[Entries supplied]
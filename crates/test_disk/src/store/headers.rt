//! The messages of the test cases, and the outputs of a node for them.

ghost use Rattle.std.specs.Prelude.{◌≡◌, ◌≤◌, None, IfOk, IfSome, length};
ghost use Rattle.header.specs.Checks.{fault_of, accepts_all};

use crate::committees::OWN;
use crate::store::words::{put, put_count};
use committee::Committee;
use header::{CheckError, Checked, check, recheck};
use sigface::HashVerify;
use std::alloc::{AllocError, Global};
use wire::{
    Author, Batch, BatchReference, BatchReferences, Digest, Header, HeaderBody,
    MAX_TRANSACTION_BYTES, Message, OpenBatch, Output, ParentReference, ParentReferences, Round,
    Signature, Vote, WireError, genesis_digest,
};
use wire_read::decode;

/// The digest of something that no node has.
pub const FOREIGN: Digest = Digest([7; 32]);

/// The length of a batch's record without its one transaction: the kind, the sender, the tag, the body's eight bytes and the transaction's
/// length field.
const AROUND: usize = 16;

/// The length of the shortest record of a batch: its transaction is nothing but a number of eight bytes.
pub const SHORTEST: usize = AROUND + 8;

/// What a header of the test cases names as its parents and batches.
#[derive(Clone, Copy)]
pub enum Named {
    /// The genesis certificates of the members that are its parents' authors.
    Genesis,
    /// The genesis certificates, and a batch that no node has.
    Batch,
    /// Certificates that no node has.
    Foreign,
}

/// The body of a header with certificates of these members as parents, of as many of them as a header may have.
pub fn body(
    alloc: Global,
    named: Named,
    author: Author,
    round: Round,
    members: &[u8],
) -> Result<HeaderBody, AllocError> {
    let mut batches = BatchReferences::new(alloc);
    if matches!(named, Named::Batch) && batches.is_empty() && batches.may_follow(&FOREIGN) {
        let (digest, worker) = (FOREIGN, 0);
        batches.push(BatchReference { digest, worker })?;
    }
    let parents = parents(alloc, named, members)?;
    Ok(HeaderBody {
        author,
        round,
        batches,
        parents,
    })
}

fn parents(alloc: Global, named: Named, members: &[u8]) -> Result<ParentReferences, AllocError> {
    let mut parents = ParentReferences::new(alloc);
    for member in members {
        let author = Author(u16::from(*member));
        let certificate = match named {
            Named::Foreign => FOREIGN,
            _ => genesis_digest(author),
        };
        if parents.len() < 31 && parents.may_follow(author) {
            parents.push(ParentReference {
                author,
                certificate,
            })?;
        }
    }
    Ok(parents)
}

/// The message of a header, with a signature of zeros.
pub fn header(body: HeaderBody) -> Message {
    let signature = Signature([0; 64]);
    Message::Header(Header { body, signature })
}

/// A member's vote on an author's header of a round, a header that no node has; the signature is all zeros.
pub fn vote(voter: Author, author: Author, round: Round) -> Message {
    let signature = Signature([0; 64]);
    Message::Vote(Vote {
        header: FOREIGN,
        round,
        author,
        voter,
        signature,
    })
}

/// A member's batch with one transaction, which begins with this number; its record has this length. None if the record would be too short
/// or too long.
pub fn batch(
    alloc: Global,
    author: Author,
    number: u64,
    len: usize,
) -> Result<Option<Batch>, AllocError> {
    if len < SHORTEST || len > MAX_TRANSACTION_BYTES {
        return Ok(None);
    }
    let transaction = transaction(alloc, number, len - AROUND)?;
    let mut batch = OpenBatch::new(alloc, author, 0)?;
    if !batch.has_room(transaction.len()) {
        return Ok(None);
    }
    batch.push(&transaction)?;
    Ok(Some(batch.close()?))
}

/// A transaction of this length, which begins with a number.
fn transaction(alloc: Global, number: u64, len: usize) -> Result<Vec<u8>, AllocError>
    requires { 8 ≤ len }
    ensures { IfOk result (λ bytes. length bytes.items ≡ len) }
{
    let mut bytes = vec![in alloc; 0; len]?;
    bytes[..8].copy_from_slice(&number.to_be_bytes());
    Ok(bytes)
}

/// The message in these bytes, if they are one.
pub fn message_in(alloc: Global, bytes: &[u8]) -> Result<Option<Message>, AllocError> {
    match decode(alloc, bytes) {
        Ok(message) => Ok(Some(message)),
        Err(WireError::Memory) => Err(AllocError),
        Err(_) => Ok(None),
    }
}

/// The message as an event from its sender, if it passes the checks; its signature isn't tested.
pub fn event(committee: &Committee, sender: Author, message: Message) -> Option<Checked>
    ensures { IfSome result (λ event. fault_of committee.now accepts_all event ≡ None) }
{
    recheck(committee, sender, message).ok()
}

/// Adds an output: an acknowledgement, an own header, or a vote of member 0. For a vote it adds whether the vote passes the checks, and
/// whether it passes them with another signature.
pub fn report_output(committee: &Committee, answer: &mut String, output: &Output) {
    match output {
        Output::Vote(vote) => report_vote(committee, answer, vote),
        Output::Ack { to, .. } => {
            put_count(answer, "acknowledgement for ", u64::from(to.0), "\n");
        }
        Output::Header(header) => {
            put_count(answer, "header of round ", header.body.round.number(), "\n");
        }
        _ => put(answer, "another output\n"),
    }
}

fn report_vote(committee: &Committee, answer: &mut String, vote: &Vote) {
    let (round, author) = (vote.round.number(), vote.author.0);
    let mut changed = *vote;
    changed.signature.0[63] ^= 1;
    let (own, other) = (refusal(committee, *vote), refusal(committee, changed));
    let _ = writeln!(
        answer,
        "vote for {author} in {round}: {own:?}, changed {other:?}"
    );
}

/// Why the checks refuse a vote of member 0; None if it passes.
fn refusal(committee: &Committee, vote: Vote) -> Option<CheckError> {
    check(committee, &HashVerify, OWN, Message::Vote(vote)).err()
}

[About this task] Go through the data line by line and work out how many lines contain "parents". Give only that number.

[Solution to the exercise] 10